当時競馬に興味を持ち始めていた僕に、友達ががディック・フランシスという作家を教えてくれて、とりあえず1冊手にしたのがきっかけでした。
日本では、早川書房から全小説翻訳版が出版されています。
全て漢字2文字の二字熟語のタイトルがつけられているのが特徴で、本屋で目にした事のある方も多いと思います。
某テレビ局の人気刑事ドラマのタイトルがこのスタイルを真似したとかしなかったとか、当時密かに囁かれていました。
小説の内容は、ほとんどがミステリーハードボイルドです。一般に考えれば非常識なことも彼の小説では客観的に捉えられる、そこに引き込まれます。

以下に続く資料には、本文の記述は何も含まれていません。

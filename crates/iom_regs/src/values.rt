//! Register files by the values of their registers.

ghost use Rattle.std.specs.Prelude.{◌≡◌, ◌↔◌, ◌+◌, ◌*◌, ◌^◌, ◌<◌, ◌≤◌, ◌==◌, IsSome, IfSome, IsTrue, false, true};
ghost use Rattle.std.specs.Int.{bit_at};
ghost use Rattle.iom_bits.specs.Bits.{field_of, has_bit};
ghost use Rattle.iom_bits.specs.Features.{delays_bit, is_offer, vectors_of};
ghost use Rattle.iom_regs.specs.Offers.{icvec_of};
ghost use Rattle.iom_regs.specs.Sound.{IsAtOnce, IsSettled, IsSound, is_fctl, named_bits};
ghost use Rattle.iom_regs.specs.Table.{ddtp_of, entries_of, is_busy, is_slow, queue_base_of, with_pending};
ghost use Rattle.iom_regs.specs.Values.{registers_of};

use crate::Regs;
use crate::directory::{is_mode, pointer};
use crate::layout::{BUSY, DDTP_BUSY, ON};
use crate::mapped::MappedRegisters;
use crate::offers::icvec_after_write;
use crate::ring::{Ring, entries};
use crate::vectors::{MsiVector, are_kept};
use iom_bits::{DELAYS, Features, field, has_bit};

/// What a register file holds: the features of its IOMMU, and each register that can change, as a read shows it.
#[derive(Clone, Copy)]
pub struct RegValues {
    /// The features of the IOMMU.
    pub features: Features,
    /// ddtp, 64 bits.
    pub ddtp: u64,
    /// The ddtp that requests go by, 64 bits.
    pub acting: u64,
    /// cqb, 64 bits.
    pub cqb: u64,
    /// cqh, an index.
    pub cqh: u64,
    /// cqt, an index.
    pub cqt: u64,
    /// fqb, 64 bits.
    pub fqb: u64,
    /// fqh, an index.
    pub fqh: u64,
    /// fqt, an index.
    pub fqt: u64,
    /// cqcsr, 32 bits.
    pub cqcsr: u64,
    /// fqcsr, 32 bits.
    pub fqcsr: u64,
    /// ipsr, 32 bits.
    pub ipsr: u64,
    /// icvec, 64 bits.
    pub icvec: u64,
    /// fctl, 32 bits.
    pub fctl: u64,
    /// The vectors of interrupts by message.
    pub table: [MsiVector; 4],
}

impl Regs {
    /// The register file that holds these values; None if none does. `IsSettled` has the facts that hold of each in every state.
    pub fn of(values: &RegValues) -> Option<Regs>
        ensures settled { IsSome result ↔ IsSettled (registers_of values.now) }
        ensures registers { IfSome result (λ registers. registers ≡ registers_of values.now) }
    {
        let mapped = MappedRegisters::of(values)?;
        if mapped.is_settled() {
            Some(Regs { mapped })
        } else {
            None
        }
    }

    /// The values that it holds.
    pub fn values(&self) -> RegValues
        ensures values { registers_of result ≡ self.now }
        ensures sound { IsSound self.now }
        ensures settled { with_pending self.now ≡ self.now }
    {
        self.mapped.values()
    }
}

impl MappedRegisters {
    // The register file that holds these values, without the rule of pending interrupts; None if they aren't `IsSound`.
    fn of(values: &RegValues) -> Option<MappedRegisters>
        ensures sound { IsSome result ↔ IsSound (registers_of values.now) }
        ensures registers { IfSome result (λ registers. registers ≡ registers_of values.now) }
    {
        if !values.is_sound() {
            return None;
        }
        Some(MappedRegisters {
            features: values.features,
            ddtp: values.ddtp,
            acting: values.acting,
            commands: Ring {
                base: values.cqb,
                head: values.cqh,
                tail: values.cqt,
                control: values.cqcsr,
            },
            faults: Ring {
                base: values.fqb,
                head: values.fqh,
                tail: values.fqt,
                control: values.fqcsr,
            },
            ipsr: values.ipsr,
            icvec: values.icvec,
            fctl: values.fctl,
            table: values.table,
        })
    }

    fn values(&self) -> RegValues
        ensures values { registers_of result ≡ self.now }
        ensures sound { IsSound self.now }
    {
        RegValues {
            features: self.features,
            ddtp: self.ddtp,
            acting: self.acting,
            cqb: self.commands.base,
            cqh: self.commands.head,
            cqt: self.commands.tail,
            fqb: self.faults.base,
            fqh: self.faults.head,
            fqt: self.faults.tail,
            cqcsr: self.commands.control,
            fqcsr: self.faults.control,
            ipsr: self.ipsr,
            icvec: self.icvec,
            fctl: self.fctl,
            table: self.table,
        }
    }

    // Whether the rule of pending interrupts changes nothing.
    fn is_settled(&self) -> bool
        ensures { IsTrue result ↔ (with_pending self.now ≡ self.now) }
    {
        let mut settled = *self;
        settled.settle();
        settled.ipsr == self.ipsr
    }
}

impl RegValues {
    // Whether there is a file of these values.
    fn is_sound(&self) -> bool
        ensures { IsTrue result ↔ IsSound (registers_of self.now) }
    {
        is_directory_pointer(self.ddtp)
            && is_acting_pointer(self.acting)
            && is_queue(self.cqb, self.cqh, self.cqt)
            && is_queue(self.fqb, self.fqh, self.fqt)
            && is_command_control(self.cqcsr)
            && is_fault_control(self.fqcsr)
            && self.is_timely()
            && self.ipsr < 4
            && is_vector_choice(self.features, self.icvec)
            && is_fctl(self.features, self.fctl)
            && are_kept(self.features, &self.table)
    }

    // Whether nothing is busy, and requests go by ddtp, if there are no delays.
    fn is_timely(&self) -> bool
        ensures timely { IsTrue result ↔ (is_slow (registers_of self.now) ≡ false → IsAtOnce (registers_of self.now)) }
        ensures offer { is_offer self.now.features ≡ true }
    {
        has_delays(self.features) || self.is_at_once()
    }

    // Whether nothing is busy, and requests go by ddtp.
    fn is_at_once(&self) -> bool
        ensures { IsTrue result ↔ IsAtOnce (registers_of self.now) }
    {
        !has_bit(self.ddtp, DDTP_BUSY)
            && self.acting == self.ddtp
            && !has_bit(self.cqcsr, BUSY)
            && !has_bit(self.fqcsr, BUSY)
    }
}

// Whether a write of ddtp, cqcsr or fqcsr acts later.
fn has_delays(features: Features) -> bool
    ensures delays { result ≡ has_bit features delays_bit }
    ensures offer { is_offer features ≡ true }
{
    features.has(DELAYS)
}

// Whether fctl may have this value with these features.
fn is_fctl(features: Features, fctl: u64) -> bool
    ensures { result ≡ is_fctl features fctl }
{
    fctl == 2 && features.has_wires() || fctl == 0 && features.has_messages()
}

// Whether icvec may have this value with these features.
fn is_vector_choice(features: Features, icvec: u64) -> bool
    ensures { IsTrue result ↔ (icvec_of (vectors_of features) icvec ≡ icvec) }
{
    icvec_after_write(features.vectors(), icvec) == icvec
}

// Whether ddtp may have this value.
fn is_directory_pointer(ddtp: u64) -> bool
    ensures { IsTrue result ↔ ((field_of ddtp 0 4 ≤ 4) × (ddtp_of ddtp + 2 ^ 4 * bit_at ddtp 4 ≡ ddtp)) }
{
    is_mode(ddtp) && pointer(ddtp) + (field(ddtp, DDTP_BUSY, 1) << DDTP_BUSY) == ddtp
}

// Whether the ddtp that acts may have this value.
fn is_acting_pointer(acting: u64) -> bool
    ensures { IsTrue result ↔ ((field_of acting 0 4 ≤ 4) × (ddtp_of acting ≡ acting)) }
{
    is_mode(acting) && pointer(acting) == acting
}

// Whether a queue may have this base, head and tail.
fn is_queue(base: u64, head: u64, tail: u64) -> bool
    ensures { IsTrue result ↔ ((queue_base_of base ≡ base) × (head < entries_of base) × (tail < entries_of base)) }
{
    field(base, 0, 5) + (field(base, 10, 44) << 10) == base
        && head < entries(base)
        && tail < entries(base)
}

// Whether cqcsr may have this value.
fn is_command_control(control: u64) -> bool
    ensures { IsTrue result
        ↔ ((named_bits control 4 ≡ control) × (is_busy control ≡ false → bit_at control 16 ≡ bit_at control 0) × (bit_at control 9 ≡ 0)) }
{
    has_named_bits(control, 4) && is_on_as_enabled(control) && field(control, 9, 1) == 0
}

// Whether fqcsr may have this value.
fn is_fault_control(control: u64) -> bool
    ensures { IsTrue result ↔ ((named_bits control 2 ≡ control) × (is_busy control ≡ false → bit_at control 16 ≡ bit_at control 0)) }
{
    has_named_bits(control, 2) && is_on_as_enabled(control)
}

// Whether a queue with this control and status is on if it is enabled, unless it is busy.
fn is_on_as_enabled(control: u64) -> bool
    ensures { IsTrue result ↔ (is_busy control ≡ false → bit_at control 16 ≡ bit_at control 0) }
{
    has_bit(control, BUSY) || field(control, ON, 1) == field(control, 0, 1)
}

// Whether a control and status register with so many flags from bit 8 on has no other bit.
fn has_named_bits(control: u64, count: u32) -> bool
    requires some { 1 ≤ count }
    requires few { count ≤ 8 }
    ensures { IsTrue result ↔ (named_bits control count ≡ control) }
{
    let (low, flags, on) = (
        field(control, 0, 2),
        field(control, 8, count),
        field(control, ON, 2),
    );
    low + flags * 256 + on * 65536 == control
}
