//! What is met from ddtp to a device's context.

ghost use Rattle.std.specs.Prelude.{◌≡◌};

use crate::notes::Notes;
use arrayvec::ArrayVec;

/// What is met from ddtp to a device's context. `place` is its physical address.
#[derive(Clone, Copy, PartialEq)]
pub enum Met {
    /// A non-leaf DDT entry, 8 bytes, that points to a further table; None if a byte of it is outside memory.
    Entry { place: u64, word: Option<u64> },
    /// A leaf DDT entry: the eight words of the context, 64 bytes; in base format it has 32 bytes, and the last four words are 0. None if a
    /// byte of it is outside memory.
    Leaf { place: u64, words: Option<[u64; 8]> },
}

impl Default for Met {
    fn default() -> Met {
        Met::Entry {
            place: 0,
            word: None,
        }
    }
}

/// What is met on the way to a context, from the root's entry on: at most one item for each of the 1 to 3 levels.
pub type DirectoryPath = ArrayVec<Met, 3>;

impl Notes for DirectoryPath {
    ghost use Rattle.iom_ddt.specs.Directory.{kept};

    ghost next = { kept };

    #[inline(always)]
    fn note(&mut self, met: Met) {
        if self.len() < 3 {
            self.push(met);
        }
    }
}
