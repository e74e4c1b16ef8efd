//! The device directory and device contexts (RISC-V IOMMU Architecture 1.0, "Device-directory-table").
#![tactic(auto)]

pub use context::{Context, ContextFields, MsiTable};
pub use directory::{is_too_wide, locate, locate_below, path};
pub use encoding::{context_of, encode_context};
pub use formats::{ContextFormat, id_part, parts_of_ids_are_indexes};
pub use met::{DirectoryPath, Met};
pub use notes::Notes;
pub use refusal::{DirectoryWord, Refusal, entry_refusal, has_mode, why_refused};

mod context;
mod directory;
mod encoding;
mod formats;
mod met;
mod notes;
mod refusal;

舞台設定は様々ですが、必ず競馬に関わる主人公が登場します。騎手、調教師、ワイン商、探偵など。
いつも主人公は窮地に立たされます。死にかけることは毎度のことで、幾多の逆境にもめげす、諦めず、最後は常に主人公が勝利を勝ち取るというストーリーです。
恐らく作家自身の騎手生活の中で学んだ人生観、どんな状況でも最後まで諦めず勝利を目指すという強い意志が彼の全ての小説の原点になっていると思います。
シッド・ハレーシリーズでなんども夜更かし
最終的に僕は彼の全ての小説読みましたが、一番最初に読んだ「大穴」が印象に残っています。やっぱり最初の出会いは強烈でした。
彼の小説は全部で41冊、彼が亡くなってからは息子さんが書きかけの原稿を引き受け共著として4冊の小説が出ています。
彼の作品で基本的にシリーズものはないのですが、唯一の例外がこの「大穴」に登場する主人公シッド・ハレーです。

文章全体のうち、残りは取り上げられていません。